| TASK DIRECTIONS |
Count every line below that contains "pico", then give that count and nothing else.

= = = = = = =

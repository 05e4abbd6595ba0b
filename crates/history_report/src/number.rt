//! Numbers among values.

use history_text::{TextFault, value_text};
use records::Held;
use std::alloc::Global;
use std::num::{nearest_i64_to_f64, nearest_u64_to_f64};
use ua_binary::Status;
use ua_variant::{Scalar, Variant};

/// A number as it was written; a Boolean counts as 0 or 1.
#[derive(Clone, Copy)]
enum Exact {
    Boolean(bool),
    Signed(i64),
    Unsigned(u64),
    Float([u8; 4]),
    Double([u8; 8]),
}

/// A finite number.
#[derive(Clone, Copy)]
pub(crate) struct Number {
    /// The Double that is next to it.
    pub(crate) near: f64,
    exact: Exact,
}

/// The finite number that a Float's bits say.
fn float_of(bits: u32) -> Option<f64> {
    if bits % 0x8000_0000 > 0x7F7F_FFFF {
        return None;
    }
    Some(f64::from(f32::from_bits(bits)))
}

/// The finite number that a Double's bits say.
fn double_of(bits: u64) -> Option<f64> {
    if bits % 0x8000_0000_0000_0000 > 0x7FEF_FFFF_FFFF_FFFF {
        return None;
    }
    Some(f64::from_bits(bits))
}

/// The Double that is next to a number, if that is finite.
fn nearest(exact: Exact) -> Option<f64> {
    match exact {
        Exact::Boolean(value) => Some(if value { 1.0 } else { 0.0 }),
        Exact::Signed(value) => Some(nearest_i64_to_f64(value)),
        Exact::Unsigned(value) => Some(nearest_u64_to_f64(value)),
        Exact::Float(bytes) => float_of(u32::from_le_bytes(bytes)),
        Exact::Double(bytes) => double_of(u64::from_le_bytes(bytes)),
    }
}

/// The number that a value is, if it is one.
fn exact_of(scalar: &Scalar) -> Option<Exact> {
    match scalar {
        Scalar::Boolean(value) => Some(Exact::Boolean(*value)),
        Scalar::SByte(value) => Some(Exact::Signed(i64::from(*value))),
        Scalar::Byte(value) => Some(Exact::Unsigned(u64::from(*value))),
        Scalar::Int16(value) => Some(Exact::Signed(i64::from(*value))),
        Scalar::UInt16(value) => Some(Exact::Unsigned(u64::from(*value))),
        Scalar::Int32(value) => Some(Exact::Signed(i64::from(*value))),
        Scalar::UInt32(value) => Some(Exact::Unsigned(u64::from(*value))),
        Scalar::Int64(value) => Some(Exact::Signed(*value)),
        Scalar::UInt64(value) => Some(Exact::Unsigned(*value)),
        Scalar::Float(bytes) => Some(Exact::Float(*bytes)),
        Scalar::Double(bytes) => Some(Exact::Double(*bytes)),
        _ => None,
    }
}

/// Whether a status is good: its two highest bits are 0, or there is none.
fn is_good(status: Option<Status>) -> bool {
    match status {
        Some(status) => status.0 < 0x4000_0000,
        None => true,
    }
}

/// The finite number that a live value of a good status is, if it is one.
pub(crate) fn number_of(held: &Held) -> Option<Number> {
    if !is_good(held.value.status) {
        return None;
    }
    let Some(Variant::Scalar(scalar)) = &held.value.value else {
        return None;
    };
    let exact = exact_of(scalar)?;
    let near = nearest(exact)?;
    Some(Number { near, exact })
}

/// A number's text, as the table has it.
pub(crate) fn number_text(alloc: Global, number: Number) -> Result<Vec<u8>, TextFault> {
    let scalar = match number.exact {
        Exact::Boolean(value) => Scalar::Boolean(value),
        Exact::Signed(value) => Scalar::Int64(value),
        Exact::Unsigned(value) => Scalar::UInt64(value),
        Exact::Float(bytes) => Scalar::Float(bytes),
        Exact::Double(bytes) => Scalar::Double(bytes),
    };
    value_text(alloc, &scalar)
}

= = = = = = =

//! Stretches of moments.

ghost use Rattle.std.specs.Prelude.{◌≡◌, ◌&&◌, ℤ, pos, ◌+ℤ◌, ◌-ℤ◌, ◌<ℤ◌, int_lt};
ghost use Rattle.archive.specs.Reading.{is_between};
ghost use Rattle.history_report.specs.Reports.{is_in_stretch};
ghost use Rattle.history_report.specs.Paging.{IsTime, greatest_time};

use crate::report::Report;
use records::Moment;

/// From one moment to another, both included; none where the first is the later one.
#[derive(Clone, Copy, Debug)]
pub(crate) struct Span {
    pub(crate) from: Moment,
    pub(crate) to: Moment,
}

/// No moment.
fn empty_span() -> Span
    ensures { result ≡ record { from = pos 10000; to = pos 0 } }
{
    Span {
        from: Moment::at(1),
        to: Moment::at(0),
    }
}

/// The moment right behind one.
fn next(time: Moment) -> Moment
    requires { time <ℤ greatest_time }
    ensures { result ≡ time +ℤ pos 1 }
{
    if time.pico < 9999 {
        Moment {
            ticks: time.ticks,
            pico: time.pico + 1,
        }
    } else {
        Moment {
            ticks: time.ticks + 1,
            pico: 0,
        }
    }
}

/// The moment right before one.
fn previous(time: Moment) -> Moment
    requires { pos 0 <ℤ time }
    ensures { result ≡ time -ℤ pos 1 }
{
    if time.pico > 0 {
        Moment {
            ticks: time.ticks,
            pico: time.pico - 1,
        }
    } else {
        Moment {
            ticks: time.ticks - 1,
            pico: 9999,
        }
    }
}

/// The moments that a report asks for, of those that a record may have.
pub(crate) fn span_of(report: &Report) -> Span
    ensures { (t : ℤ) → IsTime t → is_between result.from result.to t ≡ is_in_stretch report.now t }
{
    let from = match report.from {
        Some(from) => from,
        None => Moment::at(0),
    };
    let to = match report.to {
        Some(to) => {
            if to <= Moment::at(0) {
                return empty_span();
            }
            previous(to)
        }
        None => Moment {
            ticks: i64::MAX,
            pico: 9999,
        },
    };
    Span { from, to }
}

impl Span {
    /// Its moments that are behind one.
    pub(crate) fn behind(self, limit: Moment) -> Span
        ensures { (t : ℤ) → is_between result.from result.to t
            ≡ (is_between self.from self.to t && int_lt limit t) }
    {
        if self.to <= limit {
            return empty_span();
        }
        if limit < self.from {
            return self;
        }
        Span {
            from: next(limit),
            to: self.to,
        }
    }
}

= = = = = = =

| REPLY TO THE TASK |
7